■ Problem statement ■
Copy every line from the one containing "result.octets.now ≡ octets.now" through the last line of the records below, both included, and nothing else.

Dataset entries:
====

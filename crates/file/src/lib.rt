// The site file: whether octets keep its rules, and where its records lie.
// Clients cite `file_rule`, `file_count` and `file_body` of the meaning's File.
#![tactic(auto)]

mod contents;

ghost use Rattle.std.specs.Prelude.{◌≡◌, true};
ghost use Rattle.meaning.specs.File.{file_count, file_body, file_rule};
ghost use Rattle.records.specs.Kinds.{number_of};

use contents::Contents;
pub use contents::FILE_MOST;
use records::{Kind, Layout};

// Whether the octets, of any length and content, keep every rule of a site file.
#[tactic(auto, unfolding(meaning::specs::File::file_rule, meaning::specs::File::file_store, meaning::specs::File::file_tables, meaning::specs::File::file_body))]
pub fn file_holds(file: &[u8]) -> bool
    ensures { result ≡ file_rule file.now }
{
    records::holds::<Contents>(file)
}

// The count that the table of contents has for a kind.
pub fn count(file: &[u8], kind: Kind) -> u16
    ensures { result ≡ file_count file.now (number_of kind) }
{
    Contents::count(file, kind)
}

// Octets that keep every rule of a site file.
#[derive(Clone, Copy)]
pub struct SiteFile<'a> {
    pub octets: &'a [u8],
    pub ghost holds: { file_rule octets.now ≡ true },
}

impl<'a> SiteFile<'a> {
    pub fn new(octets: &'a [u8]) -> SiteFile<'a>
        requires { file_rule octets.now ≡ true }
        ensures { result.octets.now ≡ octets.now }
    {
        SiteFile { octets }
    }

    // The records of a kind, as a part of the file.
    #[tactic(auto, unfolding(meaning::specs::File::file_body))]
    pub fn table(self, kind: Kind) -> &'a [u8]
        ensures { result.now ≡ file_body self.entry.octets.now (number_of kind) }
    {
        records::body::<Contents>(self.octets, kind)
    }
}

====

■ Exercise answer ■
        ensures { result.octets.now ≡ octets.now }
    {
        SiteFile { octets }
    }

    // The records of a kind, as a part of the file.
    #[tactic(auto, unfolding(meaning::specs::File::file_body))]
    pub fn table(self, kind: Kind) -> &'a [u8]
        ensures { result.now ≡ file_body self.entry.octets.now (number_of kind) }
    {
        records::body::<Contents>(self.octets, kind)
    }
}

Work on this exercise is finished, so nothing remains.